# *-*- IS IT A RHOM ?!? -*-*



## bc_buddah (Dec 18, 2005)

hey i just got this rhom . . .but wanna make sure cuz i'ma geek . . . .

are there n e other serra's that have chimples?

it's like this little zit on his chin


----------



## lament configuration (Jun 22, 2003)

you didnt even post a picture. i have seen chimples on a variety of piranha species.


----------



## Dezboy (Apr 2, 2006)

we need a picture in order to help you out buddy, and as said above alot of piranhas get chimples,


----------



## bc_buddah (Dec 18, 2005)

well if i could get a pic . . . obviously i would right???

i have no camera . . .

is there n e way i can help me???

is there n e thing a RHOM has that no other serra has??? i know my fish has silver coming into his anal fin . . not like my reds, the anal fins just red right . . . but his has a bit of the diamond glitter where the anal fin touches the body . ..

i unno, he sure looks like a rhom, he's starting to show rhom coloration and he's 7"


----------



## bob351 (Oct 23, 2005)

a chimple isnt a feature on a rhom







you wont get a propor id unless you post a pic

it could be:
rhom
irritan
geryi
altuvei
compressus
brandtii
elongatus


----------



## Pat (Jul 19, 2004)

bc_buddah said:


> hey i just got this rhom . . .but wanna make sure cuz i'ma geek . . . .
> 
> are there n e other serra's that have chimples?
> 
> it's like this little zit on his chin


LOL. Friend, you need to post a pic.
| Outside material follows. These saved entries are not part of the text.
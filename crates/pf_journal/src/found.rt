ghost use Rattle.std.specs.Prelude.{◌≡◌, ◌⊎◌, ℕ, List, length, IsTrue, IfOk, IfErr, IsErrAnd, OnOk};
ghost use Rattle.pf_journal.specs.Lines.{damaged_record, state_of, script_of, torn_size, records_of};
ghost use Rattle.pf_journal.specs.Crash.{IsOpenable};
ghost use Rattle.pf_journal.specs.Kept.{IsUnopened, IsUnread, IsSettled, IsKept, IsFound, disk_of, found_disk, found_bytes, refusal_at};
ghost use Rattle.pf_journal.specs.declared.journal_error.JournalError.TheVariants.{Damaged as DamagedAt, NoHeading};
ghost use Rattle.pf_journal.specs.declared.state.State.TheVariants.{Damaged, Other};

use crate::contents::Contents;
use crate::failed::Failed;
use crate::journal::Journal;
use crate::journal_error::JournalError;
use crate::shape::{ends_in, is_end, is_new};
use crate::state::State;
use crate::steps::settle;
use sqlite_disk::Disk;
use std::alloc::Global;

/// A file as it was found. Nothing of it has been written yet.
#[derive(Drop)]
pub struct Found<D: Disk> {
    disk: D,
    contents: Contents,
}

impl<D: Disk + Drop> Found<D> {
    /// Reads a file, once all of it is on the disk.
    ///
    /// # Errors
    ///
    /// `File` where a call of the file failed, and `OutOfMemory` where memory is refused, with the file.
    pub fn read(alloc: Global, disk: D) -> Result<Found<D>, Failed<D>>
        requires { IsTrue (D.Disk.is_usable disk) }
        ensures found { IfOk result (λ found. IsFound D.Disk.seen D.Disk.may_leave D.Disk.is_usable D.Disk.is_clean found) }
        ensures same { IfOk result (λ found. D.Disk.seen (found_disk found) ≡ D.Disk.seen disk) }
        ensures clean { IfOk result (λ found. IsTrue (D.Disk.is_clean (found_disk found)) → IsTrue (D.Disk.is_clean disk)) }
        ensures kept { IfErr result (λ failed. D.Disk.seen failed.disk ≡ D.Disk.seen disk) }

        // It doesn't give up by itself.
        ensures failed { IfErr result (λ failed. IsUnread D.Disk.faults failed.error disk failed.disk) }
        ensures faults { IfOk result (λ found. D.Disk.faults (found_disk found) ≡ D.Disk.faults disk) }
        ensures crash { IfErr result (λ failed. (c : List ℕ) → D.Disk.may_leave failed.disk c → D.Disk.may_leave disk c) }
    {
        let mut disk = disk;
        match read_all(alloc, &mut disk) {
            Ok(bytes) => {
                let contents = Contents::of(bytes);
                Ok(Found { disk, contents })
            }
            Err(error) => Err(Failed { error, disk }),
        }
    }

    /// What the file is.
    pub fn state(&self) -> State
        ensures { result ≡ state_of (found_bytes self.now) }
    {
        if is_new(&self.contents.bytes) {
            State::New
        } else if !self.contents.bytes.starts_with(b" plan,1\n") {
            State::Other
        } else if is_end(&self.contents.bytes, self.contents.size) {
            State::Journal
        } else {
            State::Damaged
        }
    }

    /// The lines that stand in it, as a plan: each begins with a blank, which is its gate. It is empty where
    /// the file is new.
    pub fn script(&self) -> &[u8]
        requires { IsFound D.Disk.seen D.Disk.may_leave D.Disk.is_usable D.Disk.is_clean self.now }
        ensures { result.now ≡ script_of (found_bytes self.now) }
    {
        if is_new(&self.contents.bytes) {
            return &[];
        }
        self.contents.lines()
    }

    /// How many records stand in it, its heading left out.
    #[tactic(auto, using(crate::proofs::Counting::records_counted))]
    pub fn records(&self) -> usize
        requires { IsFound D.Disk.seen D.Disk.may_leave D.Disk.is_usable D.Disk.is_clean self.now }
        ensures { result ≡ length (records_of (found_bytes self.now)) }
    {
        ends_in(self.script()).saturating_sub(1)
    }

    /// The line at which it is damaged, where it is: the one after those that stand, the heading's being the first.
    pub fn damaged_record(&self) -> usize
        requires { IsFound D.Disk.seen D.Disk.may_leave D.Disk.is_usable D.Disk.is_clean self.now }
        ensures { result ≡ damaged_record (found_bytes self.now) }
    {
        ends_in(self.contents.lines()) + 1
    }

    /// How many bytes opening it cuts: those after the gate that ends its lines. Of a new file it is none.
    pub fn torn_bytes(&self) -> usize
        requires { IsFound D.Disk.seen D.Disk.may_leave D.Disk.is_usable D.Disk.is_clean self.now }
        ensures { result ≡ torn_size (found_bytes self.now) }
    {
        if is_new(&self.contents.bytes) {
            return 0;
        }
        self.contents
            .bytes
            .len()
            .saturating_sub(self.contents.size)
            .saturating_sub(1)
    }

    /// Opens the journal: a new file gets its heading, and of a journal what a crash left after its lines is cut. One that is
    /// damaged, and another file, are left as they are.
    ///
    /// # Errors
    ///
    /// `NoHeading` where the file is no journal, `Damaged` where it is damaged, `File` where a call of it failed.
    pub fn open(self) -> Result<Journal<D>, Failed<D>>
        requires { IsFound D.Disk.seen D.Disk.may_leave D.Disk.is_usable D.Disk.is_clean self }
        ensures kept { IfOk result (λ journal. IsKept D.Disk.seen D.Disk.may_leave D.Disk.is_usable D.Disk.is_clean journal) }
        ensures same { IfOk result (λ journal. IsTrue (D.Disk.is_clean (found_disk self))
            → records_of (D.Disk.seen (disk_of journal)) ≡ records_of (D.Disk.seen (found_disk self))) }

        // A crash at any moment leaves the same records, a file that is no journal none at all; and a file that opens again.
        ensures crash { IfOk result (λ journal. IsTrue (D.Disk.is_clean (found_disk self)) → (c : List ℕ)
            → D.Disk.may_leave (disk_of journal) c → records_of c ≡ records_of (D.Disk.seen (found_disk self))) }
        ensures crash_failed { IfErr result (λ failed. IsTrue (D.Disk.is_clean (found_disk self)) → (c : List ℕ)
            → D.Disk.may_leave failed.disk c → records_of c ≡ records_of (D.Disk.seen (found_disk self))) }
        ensures opens { IfOk result (λ journal. IsTrue (D.Disk.is_clean (found_disk self)) → (c : List ℕ)
            → D.Disk.may_leave (disk_of journal) c → IsOpenable c) }
        ensures opens_failed { IfErr result (λ failed. IsOpenable (found_bytes self) → IsTrue (D.Disk.is_clean (found_disk self))
            → (c : List ℕ) → D.Disk.may_leave failed.disk c → IsOpenable c) }
        ensures other { state_of (found_bytes self) ≡ Other → IsErrAnd result (λ failed. (failed.error ≡ NoHeading) × (failed.disk ≡ found_disk self)) }
        ensures damaged { state_of (found_bytes self) ≡ Damaged
            → IsErrAnd result (λ failed. (failed.error ≡ DamagedAt (damaged_record (found_bytes self))) × (failed.disk ≡ found_disk self)) }
        ensures openable { IfOk result (λ journal. IsOpenable (found_bytes self)) }
        ensures calm { IfOk result (λ journal. D.Disk.is_clean (disk_of journal) ≡ D.Disk.is_clean (found_disk self)) }
        ensures calm_failed { IfErr result (λ failed. D.Disk.is_clean failed.disk ≡ D.Disk.is_clean (found_disk self)) }

        // It refuses no other file by itself.
        ensures failed { IfErr result (λ failed. IsUnopened D.Disk.faults (found_bytes self) (found_disk self) failed.error failed.disk) }
        ensures faults { IfOk result (λ journal. D.Disk.faults (disk_of journal) ≡ D.Disk.faults (found_disk self)) }
    {
        let refusal = self.refusal();
        let begins = is_new(&self.contents.bytes);
        let Found { mut disk, contents } = self;
        if let Some(error) = refusal {
            return Err(Failed { error, disk });
        }
        match settle(&mut disk, &contents.bytes, contents.size, begins) {
            Ok(size) => Ok(Journal { disk, size }),
            Err(error) => Err(Failed {
                error: JournalError::File(error),
                disk,
            }),
        }
    }

    /// Gives the file back.
    pub fn into_disk(self) -> D
        ensures { result ≡ found_disk self }
    {
        let Found { disk, .. } = self;
        disk
    }

    /// Why it is not opened, where it is not.
    fn refusal(&self) -> Option<JournalError>
        requires { IsFound D.Disk.seen D.Disk.may_leave D.Disk.is_usable D.Disk.is_clean self.now }
        ensures { result ≡ refusal_at (state_of (found_bytes self.now)) (damaged_record (found_bytes self.now)) }
    {
        match self.state() {
            State::New | State::Journal => None,
            State::Damaged => Some(JournalError::Damaged(self.damaged_record())),
            State::Other => Some(JournalError::NoHeading),
        }
    }
}

/// All bytes of a file, once they are on the disk.
fn read_all<D: Disk>(alloc: Global, disk: &mut D) -> Result<Vec<u8>, JournalError>
    requires { IsTrue (D.is_usable disk.old) }
    ensures bytes { IfOk result (λ bytes. IsTrue (D.is_clean disk.new) → bytes.items ≡ D.seen disk.old) }
    ensures settled { OnOk result (IsSettled D.seen D.may_leave D.is_usable D.is_clean disk.new) }
    ensures clean { IsTrue (D.is_clean disk.new) → IsTrue (D.is_clean disk.old) }
    ensures failed { IfErr result (λ error. IsUnread D.faults error disk.old disk.new) }
    ensures faults { OnOk result (D.faults disk.new ≡ D.faults disk.old) }
    ensures seen { D.seen disk.new ≡ D.seen disk.old }
    ensures crash { (c : List ℕ) → D.may_leave disk.new c → D.may_leave disk.old c }
{
    disk.sync()?;
    let len = disk.len()?;
    let mut bytes = Vec::new(alloc);
    bytes.resize(len, 0)?;
    disk.read_at(0, &mut bytes)?;
    Ok(bytes)
}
LOL.


----------



## bob351 (Oct 23, 2005)

he most likly is a rhom a 7" tho if its a real 7"


----------



## the REASON (Jun 18, 2006)

have a friend with a camera?


----------



## rocker (Aug 12, 2005)

at 7 inches he should be getting that black colouration

right?


----------



## bc_buddah (Dec 18, 2005)

just starting too , . . getting a gray tint . . . no OTHER SERRAS GET GRAY TINTS AT 7" do u!?!?

AND YES INFACT HE IS 7 INCHES!! trust me i measured . .

um obviously he's shy . . he's skinny, not nearly as plump as my 6 inch reds . . . uh . . .

he's got like this BIG ASS DIAMOND FLICKER . . it looks like those STICKERS u get as a kid, it kind of resembles church glass windows . . stain glass? 
i unno what else i can say

i'll see if i can mooch a camera but doubt it . . . i have a web cam . . but cant get close up










his bottom teeth SHAPE his jaw, like they are ONE piece, it's not a tooth , , it looks like his jaw is just JAGGED!!

OH U KNOW WHAT ELSE IS WEIIIRRDD!!! on the very bottom of him , u know the bottom of the stomatch line that goes from GILL to ANAL FIN . . . well that area of his body is kind of SERRADED, like a steak knife would be . .

ever heard of that? it's weird


----------



## the REASON (Jun 18, 2006)

bc_buddah said:


> just starting too , . . getting a gray tint . . . no OTHER SERRAS GET GRAY TINTS AT 7" do u!?!?
> 
> AND YES INFACT HE IS 7 INCHES!! trust me i measured . .
> 
> ...


that sounds like scutes, a sanchezi trait.


----------



## bc_buddah (Dec 18, 2005)

he's growing out of his dots/spots . . .

thx for ur help tho guys. . . wutever , i'm pretty sure it's a rhom, i'll see what i can do bout a CAM, or PIC . . .

peace out, stay true


----------



## bob351 (Oct 23, 2005)

bc_buddah said:


> just starting too , . . getting a gray tint . . . no OTHER SERRAS GET GRAY TINTS AT 7" do u!?!?
> 
> AND YES INFACT HE IS 7 INCHES!! trust me i measured . .
> 
> ...


the secutes mean sanchezi :nod:


----------



## the REASON (Jun 18, 2006)

Clicky


----------



## welsher7 (Jul 29, 2005)

now i'm no expert but scutes don't make it a sanchezi. all serra have scutes they are just pronounced on sanchezi, and at 7" it could be any serra. like compressus, altuvie, rhom, a monster sanchezi.


----------



## bob351 (Oct 23, 2005)

welsher7 said:


> now i'm no expert but scutes don't make it a sanchezi. all serra have scutes they are just pronounced on sanchezi, and at 7" it could be any serra. like compressus, altuvie, rhom, a monster sanchezi.


we;; yu dont really notice them when just looking at a rhom unlike a sanchezi were they are quite noticable he said serated so its a noticable pattern but i would still say rhom :nod:


----------



## welsher7 (Jul 29, 2005)

true but he is searching for things to make his serra different so he is looking for small details. use the link njkillsyou provided and compare.


----------



## bob351 (Oct 23, 2005)

welsher7 said:


> true but he is searching for things to make his serra different so he is looking for small details. use the link njkillsyou provided and compare.


good point, great link forshur but i dont think he cares to much this guy :laugh:


----------



## rocker (Aug 12, 2005)

dude u need to post a pic.


----------



## P boost (Sep 17, 2006)

yeah pretty much a pic would be freaking great man, it has been stressing me out to know what your fish truely is! WE NEED PIC~!


----------



## rocker (Aug 12, 2005)

my rhom has huge ass scutes but does not mean hes a sanchezi...just wanted to point that out.


----------



## P boost (Sep 17, 2006)

i was thinking the same thing a few min ago my 7 inch rhom has some decent size ones already definately doesn't make him eather sanch


----------



## the REASON (Jun 18, 2006)

i didnt say it definately made him a sanch which is why i provided a link for him to a thread he should take a look at.


----------